▶ _Record extracts_
○ ○ ○ ○

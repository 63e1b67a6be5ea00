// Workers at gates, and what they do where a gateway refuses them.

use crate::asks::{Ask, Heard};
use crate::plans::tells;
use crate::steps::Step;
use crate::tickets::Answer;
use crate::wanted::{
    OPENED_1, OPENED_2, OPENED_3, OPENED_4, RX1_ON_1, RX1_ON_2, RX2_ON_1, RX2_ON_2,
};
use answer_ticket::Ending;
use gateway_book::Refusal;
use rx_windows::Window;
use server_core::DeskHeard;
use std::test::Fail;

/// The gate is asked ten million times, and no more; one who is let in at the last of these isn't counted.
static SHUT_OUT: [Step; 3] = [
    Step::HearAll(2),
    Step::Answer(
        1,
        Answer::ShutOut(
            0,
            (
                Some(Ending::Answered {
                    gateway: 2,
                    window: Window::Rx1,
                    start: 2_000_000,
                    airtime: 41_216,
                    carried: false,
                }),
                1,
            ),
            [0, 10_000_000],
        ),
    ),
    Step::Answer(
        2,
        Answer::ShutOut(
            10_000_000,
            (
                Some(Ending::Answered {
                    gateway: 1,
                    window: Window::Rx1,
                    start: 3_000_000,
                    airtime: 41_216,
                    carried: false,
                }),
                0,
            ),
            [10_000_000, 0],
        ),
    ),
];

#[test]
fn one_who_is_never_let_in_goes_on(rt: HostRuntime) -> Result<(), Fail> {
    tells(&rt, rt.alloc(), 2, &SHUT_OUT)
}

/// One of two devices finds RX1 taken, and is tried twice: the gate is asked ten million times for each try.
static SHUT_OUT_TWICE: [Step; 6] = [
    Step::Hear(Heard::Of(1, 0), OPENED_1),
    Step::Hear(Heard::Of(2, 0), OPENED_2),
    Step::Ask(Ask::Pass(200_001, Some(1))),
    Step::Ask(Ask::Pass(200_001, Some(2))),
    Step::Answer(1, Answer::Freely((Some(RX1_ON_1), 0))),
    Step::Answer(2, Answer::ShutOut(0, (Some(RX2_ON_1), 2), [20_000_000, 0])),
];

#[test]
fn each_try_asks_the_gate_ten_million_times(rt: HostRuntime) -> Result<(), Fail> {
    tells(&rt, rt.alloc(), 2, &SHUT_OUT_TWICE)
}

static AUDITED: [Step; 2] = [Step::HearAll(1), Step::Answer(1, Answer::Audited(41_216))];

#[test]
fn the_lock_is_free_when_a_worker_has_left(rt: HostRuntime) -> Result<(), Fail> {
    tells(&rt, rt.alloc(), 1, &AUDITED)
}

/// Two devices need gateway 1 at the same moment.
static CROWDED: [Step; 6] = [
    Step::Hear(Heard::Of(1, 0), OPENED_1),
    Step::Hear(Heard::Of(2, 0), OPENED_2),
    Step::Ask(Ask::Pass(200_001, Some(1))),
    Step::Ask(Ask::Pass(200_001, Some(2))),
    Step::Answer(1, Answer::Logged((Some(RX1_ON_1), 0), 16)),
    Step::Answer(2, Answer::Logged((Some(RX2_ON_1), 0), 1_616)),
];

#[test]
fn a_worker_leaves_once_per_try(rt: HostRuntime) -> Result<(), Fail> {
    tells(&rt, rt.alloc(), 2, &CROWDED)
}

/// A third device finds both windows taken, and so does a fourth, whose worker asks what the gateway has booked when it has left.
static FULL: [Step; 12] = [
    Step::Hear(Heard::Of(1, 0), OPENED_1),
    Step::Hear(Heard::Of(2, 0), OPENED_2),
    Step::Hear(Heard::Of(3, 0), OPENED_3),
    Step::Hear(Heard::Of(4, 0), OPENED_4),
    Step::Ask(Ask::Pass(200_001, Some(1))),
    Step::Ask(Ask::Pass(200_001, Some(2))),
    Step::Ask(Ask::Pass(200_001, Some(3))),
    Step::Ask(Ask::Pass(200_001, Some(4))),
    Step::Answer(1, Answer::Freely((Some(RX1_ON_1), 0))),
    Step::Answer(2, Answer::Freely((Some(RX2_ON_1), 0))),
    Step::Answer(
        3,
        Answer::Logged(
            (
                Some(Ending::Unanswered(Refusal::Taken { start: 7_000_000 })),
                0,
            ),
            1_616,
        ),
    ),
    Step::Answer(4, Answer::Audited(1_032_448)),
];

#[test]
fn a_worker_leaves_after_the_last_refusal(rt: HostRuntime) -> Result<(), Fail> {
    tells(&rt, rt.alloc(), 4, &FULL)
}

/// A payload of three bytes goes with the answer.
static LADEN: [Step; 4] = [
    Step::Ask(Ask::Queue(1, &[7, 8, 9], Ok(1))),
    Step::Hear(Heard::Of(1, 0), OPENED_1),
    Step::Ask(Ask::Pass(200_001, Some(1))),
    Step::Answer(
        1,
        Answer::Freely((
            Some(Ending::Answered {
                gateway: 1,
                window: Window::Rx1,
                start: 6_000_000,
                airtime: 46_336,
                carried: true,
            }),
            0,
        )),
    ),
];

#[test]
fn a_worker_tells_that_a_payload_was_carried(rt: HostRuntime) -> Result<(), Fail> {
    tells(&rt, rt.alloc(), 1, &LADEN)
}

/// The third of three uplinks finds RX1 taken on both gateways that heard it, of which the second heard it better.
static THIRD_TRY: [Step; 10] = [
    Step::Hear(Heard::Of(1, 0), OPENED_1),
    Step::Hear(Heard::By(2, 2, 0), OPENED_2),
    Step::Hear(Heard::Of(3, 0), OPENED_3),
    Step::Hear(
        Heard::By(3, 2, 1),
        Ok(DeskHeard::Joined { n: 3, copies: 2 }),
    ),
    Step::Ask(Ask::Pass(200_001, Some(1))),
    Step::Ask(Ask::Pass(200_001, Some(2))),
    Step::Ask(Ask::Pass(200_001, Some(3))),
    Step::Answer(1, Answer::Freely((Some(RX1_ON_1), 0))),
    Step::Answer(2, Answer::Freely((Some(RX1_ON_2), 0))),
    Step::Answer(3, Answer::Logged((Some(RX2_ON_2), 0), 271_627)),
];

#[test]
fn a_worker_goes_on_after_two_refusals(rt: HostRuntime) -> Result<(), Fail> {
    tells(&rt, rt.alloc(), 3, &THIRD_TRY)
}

○ ○ ○ ○

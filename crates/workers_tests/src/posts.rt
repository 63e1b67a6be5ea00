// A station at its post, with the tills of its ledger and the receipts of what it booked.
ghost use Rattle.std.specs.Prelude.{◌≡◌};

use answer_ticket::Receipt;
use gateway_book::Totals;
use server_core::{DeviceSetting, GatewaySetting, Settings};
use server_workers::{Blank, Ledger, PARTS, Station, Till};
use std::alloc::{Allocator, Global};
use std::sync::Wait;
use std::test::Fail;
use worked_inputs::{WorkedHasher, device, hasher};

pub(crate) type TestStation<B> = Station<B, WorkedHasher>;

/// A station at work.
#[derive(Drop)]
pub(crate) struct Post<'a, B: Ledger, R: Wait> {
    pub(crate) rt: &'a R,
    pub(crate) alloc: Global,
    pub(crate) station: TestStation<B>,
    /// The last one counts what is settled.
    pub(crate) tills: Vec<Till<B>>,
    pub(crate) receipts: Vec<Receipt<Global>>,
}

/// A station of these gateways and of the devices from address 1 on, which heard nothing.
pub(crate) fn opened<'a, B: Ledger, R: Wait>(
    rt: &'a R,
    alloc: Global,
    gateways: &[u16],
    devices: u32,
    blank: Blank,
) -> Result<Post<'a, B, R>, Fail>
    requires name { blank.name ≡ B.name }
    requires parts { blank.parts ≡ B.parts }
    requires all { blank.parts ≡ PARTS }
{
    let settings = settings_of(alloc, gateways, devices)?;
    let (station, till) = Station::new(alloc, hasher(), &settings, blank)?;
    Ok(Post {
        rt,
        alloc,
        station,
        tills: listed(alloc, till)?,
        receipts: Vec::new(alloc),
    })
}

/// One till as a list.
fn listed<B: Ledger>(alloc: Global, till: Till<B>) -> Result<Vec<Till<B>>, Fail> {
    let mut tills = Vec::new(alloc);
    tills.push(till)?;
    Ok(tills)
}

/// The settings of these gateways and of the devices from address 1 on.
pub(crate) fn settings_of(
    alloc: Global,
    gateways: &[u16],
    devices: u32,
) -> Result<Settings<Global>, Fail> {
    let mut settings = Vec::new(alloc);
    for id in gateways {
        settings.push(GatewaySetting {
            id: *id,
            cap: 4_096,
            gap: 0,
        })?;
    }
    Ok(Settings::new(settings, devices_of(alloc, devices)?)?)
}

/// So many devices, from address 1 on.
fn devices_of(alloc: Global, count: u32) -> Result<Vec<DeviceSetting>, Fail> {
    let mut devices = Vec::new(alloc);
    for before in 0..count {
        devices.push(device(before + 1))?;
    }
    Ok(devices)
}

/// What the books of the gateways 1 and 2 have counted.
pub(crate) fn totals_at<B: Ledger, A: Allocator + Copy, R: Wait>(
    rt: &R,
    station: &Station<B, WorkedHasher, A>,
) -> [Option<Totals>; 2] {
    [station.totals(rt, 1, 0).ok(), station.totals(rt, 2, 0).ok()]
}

○ ○ ○ ○

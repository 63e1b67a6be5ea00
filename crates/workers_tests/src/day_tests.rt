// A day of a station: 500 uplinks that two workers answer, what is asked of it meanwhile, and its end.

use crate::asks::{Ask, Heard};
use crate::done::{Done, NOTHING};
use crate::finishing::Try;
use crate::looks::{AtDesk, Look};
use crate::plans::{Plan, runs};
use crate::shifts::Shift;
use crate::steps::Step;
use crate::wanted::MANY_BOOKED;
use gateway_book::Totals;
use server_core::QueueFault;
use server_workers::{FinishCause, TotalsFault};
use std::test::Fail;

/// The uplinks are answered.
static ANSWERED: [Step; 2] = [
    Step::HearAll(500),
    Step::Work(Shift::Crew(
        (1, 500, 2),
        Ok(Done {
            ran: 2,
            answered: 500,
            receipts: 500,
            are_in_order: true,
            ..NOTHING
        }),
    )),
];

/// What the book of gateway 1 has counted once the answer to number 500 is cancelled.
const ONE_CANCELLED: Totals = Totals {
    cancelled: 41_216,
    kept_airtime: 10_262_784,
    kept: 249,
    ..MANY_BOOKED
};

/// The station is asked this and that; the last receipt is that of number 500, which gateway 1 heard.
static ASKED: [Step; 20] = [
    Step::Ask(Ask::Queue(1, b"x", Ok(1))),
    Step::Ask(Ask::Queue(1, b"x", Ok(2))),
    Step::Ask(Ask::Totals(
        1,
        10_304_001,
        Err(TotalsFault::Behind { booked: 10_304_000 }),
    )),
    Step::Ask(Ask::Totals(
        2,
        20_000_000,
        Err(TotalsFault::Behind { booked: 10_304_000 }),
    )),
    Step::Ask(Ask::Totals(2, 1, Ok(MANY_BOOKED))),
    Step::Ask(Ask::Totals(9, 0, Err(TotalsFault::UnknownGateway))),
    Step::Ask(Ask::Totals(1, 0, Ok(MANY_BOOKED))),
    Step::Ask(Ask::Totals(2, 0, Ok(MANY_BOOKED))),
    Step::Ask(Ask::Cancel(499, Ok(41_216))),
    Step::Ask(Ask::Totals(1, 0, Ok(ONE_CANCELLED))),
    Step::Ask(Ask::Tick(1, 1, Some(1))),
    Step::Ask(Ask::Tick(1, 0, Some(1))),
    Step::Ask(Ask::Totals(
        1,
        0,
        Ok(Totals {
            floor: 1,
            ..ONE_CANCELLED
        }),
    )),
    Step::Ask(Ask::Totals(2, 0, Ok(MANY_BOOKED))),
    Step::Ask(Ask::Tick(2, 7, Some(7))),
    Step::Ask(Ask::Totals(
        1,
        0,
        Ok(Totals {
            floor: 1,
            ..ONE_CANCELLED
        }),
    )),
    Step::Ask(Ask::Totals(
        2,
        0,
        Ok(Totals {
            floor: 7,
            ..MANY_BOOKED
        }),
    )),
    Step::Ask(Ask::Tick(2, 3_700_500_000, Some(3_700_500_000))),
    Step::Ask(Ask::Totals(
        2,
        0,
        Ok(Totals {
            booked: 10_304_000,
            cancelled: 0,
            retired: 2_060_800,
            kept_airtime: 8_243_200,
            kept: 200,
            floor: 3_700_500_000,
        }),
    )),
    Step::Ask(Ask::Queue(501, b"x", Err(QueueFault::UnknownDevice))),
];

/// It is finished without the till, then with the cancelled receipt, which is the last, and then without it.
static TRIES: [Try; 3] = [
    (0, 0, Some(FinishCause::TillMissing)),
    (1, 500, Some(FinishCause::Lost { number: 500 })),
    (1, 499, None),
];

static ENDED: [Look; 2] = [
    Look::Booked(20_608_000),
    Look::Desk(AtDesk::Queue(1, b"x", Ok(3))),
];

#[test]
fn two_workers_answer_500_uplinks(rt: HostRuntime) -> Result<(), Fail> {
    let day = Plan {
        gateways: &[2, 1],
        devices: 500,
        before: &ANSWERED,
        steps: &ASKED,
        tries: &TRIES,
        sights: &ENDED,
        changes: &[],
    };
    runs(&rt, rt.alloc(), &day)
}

○ ○ ○ ○

▶ _About this exercise_
When a line in the records above holds "address", that line is to be reported.

▶ _Task answer_
/// A station of these gateways and of the devices from address 1 on, which heard nothing.
/// The settings of these gateways and of the devices from address 1 on.
/// So many devices, from address 1 on.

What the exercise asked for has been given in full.